Eu ouvi aquilo com carinho, porque essa frase carrega um esforço real que ninguém viu. A pessoa não está sendo preguiçosa. Está tentando do jeito que aprendeu. O problema é que o jeito que a internet ensina a perder barriga é, na maior parte das vezes, baseado numa ideia que a fisiologia nunca confirmou. E enquanto a pessoa acredita nessa ideia, ela gasta energia no lugar errado e se frustra com o próprio corpo.

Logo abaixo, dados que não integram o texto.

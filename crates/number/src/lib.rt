// A signed number with a scale, from the bytes of a number.
#![tactic(auto)]

ghost use Rattle.std.specs.Prelude.{◌≡◌, ◌+◌, ◌^◌, ◌≤◌, ◌<◌, length};
ghost use Rattle.field.specs.Part.{part};
ghost use Rattle.decimal.specs.Digits.{value};
ghost use Rattle.number.specs.Number.{digits_of, scale_of, signed_of, number_of};

// mantissa / 10^scale
#[derive(Clone, Copy, Debug, PartialEq, Eq, Hash)]
pub struct Number {
    pub mantissa: i64,
    pub scale: u32,
}

// The number that the digits among the bytes are.
fn magnitude(bytes: &[u8]) -> u64
    requires { length bytes.now ≤ 18 }
    ensures { (result ≡ value (digits_of bytes.now)) × (result < 10 ^ 18) }
{
    let mut m: u64 = 0;
    for b in bytes {
        if b.is_ascii_digit() {
            m = m * 10 + u64::from(*b - b'0');
        }
    }
    m
}

// How many of the bytes stand after the point.
fn scale(bytes: &[u8]) -> u32
    requires { length bytes.now ≤ 18 }
    ensures { result ≡ scale_of bytes.now }
{
    match bytes.iter().position(|b| *b == b'.') {
        Some(i) => (bytes.len() - (i + 1)) as u32,
        None => 0,
    }
}

// The magnitude m with its sign.
fn signed(minus: bool, m: u64) -> i64
    requires { m < 10 ^ 18 }
    ensures { result ≡ signed_of minus m }
{
    let v = m as i64;
    if minus { -v } else { v }
}

// The number whose width bytes stand from at on: 16 digits, a sign and a point are 18.
pub fn number_at(s: &[u8], at: usize, width: usize) -> Number
    requires { (at + width ≤ length s.now) × (0 < width) × (width ≤ 18) }
    ensures { result ≡ number_of (part s.now at width) }
{
    let bytes = &s[at..at + width];
    Number {
        mantissa: signed(bytes[0] == b'-', magnitude(bytes)),
        scale: scale(bytes),
    }
}
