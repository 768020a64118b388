//! The texts of a file: a key's name, and a value.
ghost use Rattle.std.specs.Prelude.{◌≡◌, ◌≢◌, ◌∷◌, IfOk, OnErr, OnOk, MatchOption};
ghost use Rattle.model_names.specs.Name.{Name};
ghost use Rattle.model_names.specs.Spells.{Spells};
ghost use Rattle.model_maps.specs.Entry.{IsValue};
ghost use Rattle.key_name.specs.declared.faults.NameFault.TheVariants.{Memory as OutOfMemory};

use key_meta::{LONGEST_VALUE, Memory};
use key_name::{KeyName, NameFault};
use std::alloc::{AllocError, Global};

/// The name that a text spells behind a slash.
pub fn name_of(alloc: Global, text: &[u8]) -> Result<Option<KeyName>, Memory>
    ensures { IfOk result (λ found. MatchOption found
        ((name : Name) → Spells (47 ∷ text.now) name → ⊥)
        (λ name. Spells (47 ∷ text.now) name)) }
{
    let Ok(text) = str::from_utf8(text) else {
        return Ok(None);
    };
    match KeyName::parse_relative(alloc, text) {
        Ok(name) => Ok(Some(name)),
        Err(fault) => {
            hand_on_memory(fault)?;
            Ok(None)
        }
    }
}

/// Every fault but want of memory is one of the text.
pub fn hand_on_memory(fault: NameFault) -> Result<(), Memory>
    ensures others { OnOk result (fault ≢ OutOfMemory) }
    ensures memory { OnErr result (fault ≡ OutOfMemory) }
{
    match fault {
        NameFault::Memory => Err(AllocError),
        _ => Ok(()),
    }
}

/// The value that bytes are.
pub fn value_of(bytes: &[u8]) -> Option<&str>
    ensures { MatchOption result
        (IsValue bytes.now → ⊥)
        (λ value. (value.now ≡ bytes.now) × IsValue bytes.now) }
{
    if bytes.len() > LONGEST_VALUE {
        return None;
    }
    str::from_utf8(bytes).ok()
}
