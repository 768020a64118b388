//! Files of lines, read one line after the other: the next line, and the names and values that stand in any file.
#![tactic(auto)]

mod lines;
mod texts;

pub use lines::{first_line, without_return};
pub use texts::{hand_on_memory, name_of, value_of};
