// The ranking as it is kept: a rank at each of nine places, the best first, and behind the last clock that of no candidate.
#![tactic(auto)]

ghost use Rattle.std.specs.Prelude.{◌≡◌, [], ◌<◌, ◌==◌, position};
ghost use Rattle.choice.specs.Choose.{candidate_of, own_candidate};
ghost use Rattle.choice.specs.Least.{port_in};
ghost use Rattle.choice.specs.Ranking.{placed_of};
ghost use Rattle.choice.specs.Places.{places, places_of, Whole, Kept, closed_at_of, inserted_in, candidate_in, Updates};

use choice::{Announcement, Candidate, Precedence, Rank};
use choice_ranks::NO_RANK;
use std::mem;

// One place for the own clock and one for each port.
pub const PLACES: usize = 9;

const LAST_PLACE: usize = PLACES - 1;

// The place of the best.
pub const CHOSEN: usize = 0;

// How many numbers a clock can have: a rank ends in its clock's.
const NUMBERS: u64 = 0x100;

// The ranking of a station whose ports announce nothing: its own clock, where it is capable.
pub fn alone(capable: bool, own: Precedence) -> [Rank; PLACES]
    ensures { result ≡ places_of places (placed_of (own_candidate capable own) []) }
{
    let mut ranking = [NO_RANK; PLACES];
    ranking[CHOSEN] = choice_ranks::own(capable, own);
    ranking
}

// The candidate at a place, the best at 0.
pub fn candidate_at(ranking: &[Rank; PLACES], place: usize) -> Option<Candidate>
    requires { Kept ranking.now }
    ensures { result ≡ candidate_in ranking.now place }
{
    choice_ranks::candidate(*ranking.get(place)?)
}

// The place of the clock with a number, where one has it.
fn place_of(ranking: &[Rank; PLACES], number: u8) -> Option<usize>
    ensures { result ≡ position (λ rank. port_in rank.1 == number) ranking.now }
{
    ranking
        .iter()
        .position(|rank| rank.1 % NUMBERS == u64::from(number))
}

// Takes a place out: those behind it move one place up.
fn close(ranking: &mut [Rank; PLACES], place: usize)
    requires whole { Whole ranking.old }
    requires place_lt_places { place < places }
    ensures { ranking.new ≡ closed_at_of place ranking.old }
{
    ranking.copy_within(place + 1.., place);
    ranking[LAST_PLACE] = NO_RANK;
}

// Puts a rank in before the first that is greater: that one and those behind it move one place down.
// One walk that moves as it goes, as `inserted_in` goes down the list; no search and copy_within, whose last place would be a case of its own.
fn insert(ranking: &mut [Rank; PLACES], rank: Rank)
    ensures { ranking.new ≡ inserted_in rank ranking.old }
{
    let mut moved = rank;
    for held in ranking.iter_mut() {
        if choice_ranks::precedes(moved, *held) {
            moved = mem::replace(held, moved);
        }
    }
}

// What a port announces takes the place of what stood under its number, where that is another rank.
// The test stands within the search's branch: it is of the place found, and where none is found the rank is put in as well.
pub fn update(ranking: &mut [Rank; PLACES], announcement: Option<Announcement>, number: u8)
    requires { Kept ranking.old }
    ensures { Updates number (candidate_of number announcement) ranking.old ranking.new }
{
    let rank = choice_ranks::announced(announcement, number);
    if let Some(place) = place_of(ranking, number) {
        if choice_ranks::same(ranking[place], rank) {
            return;
        }
        close(ranking, place);
    }
    insert(ranking, rank);
}
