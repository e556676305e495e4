// The versions of a frame.
ghost use Rattle.std.specs.Prelude.{◌≡◌};
ghost use Rattle.frame.specs.Frame.{is_version};

// Version 1.
pub const FIRST_VERSION: u8 = 1;

// Version 2.
pub const SECOND_VERSION: u8 = 2;

// Whether there is such a version. No matches!: a row is a u64, the versions are bytes, and a TryFrom between them is no plainer.
pub fn is_version(version: u64) -> bool
    ensures { result ≡ is_version version }
{
    version == u64::from(FIRST_VERSION) || version == u64::from(SECOND_VERSION)
}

Então vamos por partes, com calma, do jeito que eu faria no consultório. Sem terrorismo, sem promessa de barriga chapada em 30 dias. Só o que de fato muda a barriga.

Gordura localizada existe, mas você não escolhe de onde ela sai

Vou começar desfazendo o nó central, porque tudo depende disso. A gordura localizada existe no sentido de que cada corpo acumula mais gordura em certas regiões. Tem gente que guarda mais na barriga, tem gente que guarda mais no quadril, na coxa, nas costas. Isso é real e tem a ver com genética, com hormônios, com a sua história. Até aí, sem novidade.

O que não existe é a capacidade de mandar o corpo tirar gordura de um lugar específico fazendo exercício naquele lugar. Quando você emagrece, a gordura sai do corpo inteiro de uma vez, num ritmo que o seu corpo decide, e não você. A barriga costuma ser a primeira a chegar e a última a sair justamente porque é a região que o corpo prioriza pra estocar reserva. Frustrante? É. Mas saber disso muda tudo na sua estratégia.

Você escolhe perder gordura. Quem escolhe a ordem em que ela sai é o seu corpo.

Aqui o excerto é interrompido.